HERBED TROUT WITH LEMON BUTTER



Herbed Trout With Lemon Butter image

I'm far to lazy to bone trout! I just stuff them with the onion mix and brush well with the lemon butter. It works for me.

Provided by Annacia

Categories     Trout

Time 35m

Yield 4 serving(s)

Number Of Ingredients 10

4 (8 -10 ounce) rainbow trout
1/4 cup butter, melted
1 teaspoon finely shredded lemon peel (set aside)
3 tablespoons lemon juice
1/4 cup finely chopped onion
1 tablespoon snipped fresh rosemary or 1 tablespoon tarragon
1/2 teaspoon salt
1/4 teaspoon black pepper
snipped fresh parsley (optional)
lemon wedge

Steps:

  • Thaw fish, if frozen.
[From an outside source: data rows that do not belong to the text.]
// Trees with a value more or less.
ghost use Rattle.std.specs.Prelude.{◌≡◌, ◌<◌, IfOk};
ghost use Rattle.std.specs.Arc.{arc_value};
ghost use Rattle.rg_tree.specs.Trees.{Holds, HoldsAll, IsForked, going, left_at, others, set_in};

use crate::tree::{Placed, Tree};
use rg_base::{NoMemory, TryCopy};
use std::alloc::Global;
use std::sync::Arc;

/// How many values a leaf has at most, but at the greatest depth.
const LEAF_LIMIT: usize = 8;

/// How many forks lie on a path at most.
const DEPTH_LIMIT: u32 = 31;

/// The bits of a key that are left at this depth.
fn left_at(depth: u32, key: u64) -> u64
    ensures { result ≡ left_at depth key }
{
    if depth == 0 {
        key
    } else {
        left_at(depth - 1, key) / 4
    }
}

impl<V: TryCopy> TryCopy for Placed<V> {
    fn try_copy(&self, alloc: Global) -> Result<Placed<V>, NoMemory> {
        Ok(Placed {
            key: self.key,
            value: self.value.try_copy(alloc)?,
        })
    }
}

/// Copies of those that go this way from this depth.
fn going<V: TryCopy + Drop>(
    alloc: Global,
    placed: &[Placed<V>],
    depth: u32,
    number: u64,
) -> Result<Vec<Placed<V>>, NoMemory>
    ensures { IfOk result (λ v. v.items ≡ going depth number placed.now) }
{
    let mut held = Vec::new(alloc);
    for one in placed {
        if left_at(depth, one.key) % 4 == number {
            held.push(one.try_copy(alloc)?)?;
        }
    }
    Ok(held)
}

/// Copies of those that have another key.
fn others<V: TryCopy + Drop>(
    alloc: Global,
    placed: &[Placed<V>],
    key: u64,
) -> Result<Vec<Placed<V>>, NoMemory>
    ensures { IfOk result (λ v. v.items ≡ others key placed.now) }
{
    let mut held = Vec::with_capacity(alloc, placed.len().saturating_add(1))?;
    for one in placed {
        if one.key != key {
            held.push(one.try_copy(alloc)?)?;
        }
    }
    Ok(held)
}

/// A fork with these in four leaves.
#[tactic(auto, using(crate::proofs::Sets::value_of_going))]
fn forked<V: TryCopy + Drop>(
    alloc: Global,
    placed: &[Placed<V>],
    depth: u32,
) -> Result<Tree<V>, NoMemory>
    ensures { IfOk result (λ t. HoldsAll depth placed.now t) }
{
    let a = Arc::new(alloc, Tree::Leaf(going(alloc, placed, depth, 0)?))?;
    let b = Arc::new(alloc, Tree::Leaf(going(alloc, placed, depth, 1)?))?;
    let c = Arc::new(alloc, Tree::Leaf(going(alloc, placed, depth, 2)?))?;
    let d = Arc::new(alloc, Tree::Leaf(going(alloc, placed, depth, 3)?))?;
    Ok(Tree::Fork(a, b, c, d))
}

/// A tree with these at this depth: a leaf, or a fork where they are too many for one.
fn tree_of<V: TryCopy + Drop>(
    alloc: Global,
    placed: Vec<Placed<V>>,
    depth: u32,
) -> Result<Tree<V>, NoMemory>
    ensures { IfOk result (λ t. HoldsAll depth placed.items t) }
{
    if placed.len() > LEAF_LIMIT && depth < DEPTH_LIMIT {
        forked(alloc, placed.as_slice(), depth)
    } else {
        Ok(Tree::Leaf(placed))
    }
}

/// A leaf's values with this one, or none, under the key.
fn leaf_with<V: TryCopy + Drop>(
    alloc: Global,
    placed: &[Placed<V>],
    key: u64,
    value: Option<V>,
) -> Result<Vec<Placed<V>>, NoMemory>
    ensures { IfOk result (λ v. v.items ≡ set_in key value placed.now) }
{
    let mut held = others(alloc, placed, key)?;
    if let Some(value) = value {
        held.push(Placed { key, value })?;
    }
    Ok(held)
}

/// The same tree, shared.
fn share<V: Drop>(tree: &Arc<Tree<V>>) -> Result<Arc<Tree<V>>, NoMemory>
    ensures { IfOk result (λ t. arc_value t ≡ arc_value tree.now) }
{
    match Arc::try_clone(tree) {
        Ok(again) => Ok(again),
        Err(_) => Err(NoMemory),
    }
}

/// A fork with these, but for the one of this number, in whose place the other stands.
fn forked_with<V: Drop>(
    alloc: Global,
    a: &Arc<Tree<V>>,
    b: &Arc<Tree<V>>,
    c: &Arc<Tree<V>>,
    d: &Arc<Tree<V>>,
    number: u64,
    next: Tree<V>,
) -> Result<Tree<V>, NoMemory>
    requires { number < 4 }
    ensures { IfOk result (λ t. IsForked number
        (arc_value a.now) (arc_value b.now) (arc_value c.now) (arc_value d.now) next t) }
{
    let next = Arc::new(alloc, next)?;
    let a = share(a)?;
    let b = share(b)?;
    let c = share(c)?;
    let d = share(d)?;
    match number {
        0 => Ok(Tree::Fork(next, b, c, d)),
        1 => Ok(Tree::Fork(a, next, c, d)),
        2 => Ok(Tree::Fork(a, b, next, d)),
        _ => Ok(Tree::Fork(a, b, c, next)),
    }
}

/// The tree with the value, or none, under the key, of which these bits are left at this depth.
pub(crate) fn set<V: TryCopy + Drop>(
    alloc: Global,
    tree: &Tree<V>,
    key: u64,
    bits: u64,
    depth: u32,
    value: Option<V>,
) -> Result<Tree<V>, NoMemory>
    requires bits { bits ≡ left_at depth key }
    ensures { IfOk result (λ t. Holds depth key value tree.now t) }
{
    match tree {
        Tree::Leaf(placed) => {
            let held = leaf_with(alloc, placed.as_slice(), key, value)?;
            tree_of(alloc, held, depth)
        }
        Tree::Fork(a, b, c, d) => {
            let Some(below) = depth.checked_add(1) else {
                return Err(NoMemory);
            };
            match bits % 4 {
                0 => {
                    let next = set(alloc, a, key, bits / 4, below, value)?;
                    forked_with(alloc, a, b, c, d, 0, next)
                }
                1 => {
                    let next = set(alloc, b, key, bits / 4, below, value)?;
                    forked_with(alloc, a, b, c, d, 1, next)
                }
                2 => {
                    let next = set(alloc, c, key, bits / 4, below, value)?;
                    forked_with(alloc, a, b, c, d, 2, next)
                }
                3 => {
                    let next = set(alloc, d, key, bits / 4, below, value)?;
                    forked_with(alloc, a, b, c, d, 3, next)
                }
                _ => Err(NoMemory),
            }
        }
    }
}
Rinse fish; pat dry with paper towels.
  • On a cutting board, spread each fish open, skin side down.
  • In a small bowl stir together melted butter and lemon juice. Set half of the butter mixture aside. Brush remaining half of the butter mixture over fish.
  • In a small bowl stir together onion, rosemary, lemon peel, salt, and pepper. Sprinkle onion mixture over fish.
  • Fold fish closed. Place fish on a greased 15x10x1-inch baking pan.
  • Bake in a 450 degree F oven for 15 minutes or until fish begins to flake when tested with a fork.
  • If desired, sprinkle fish with parsley. Serve fish with lemon wedges and reserved butter mixture.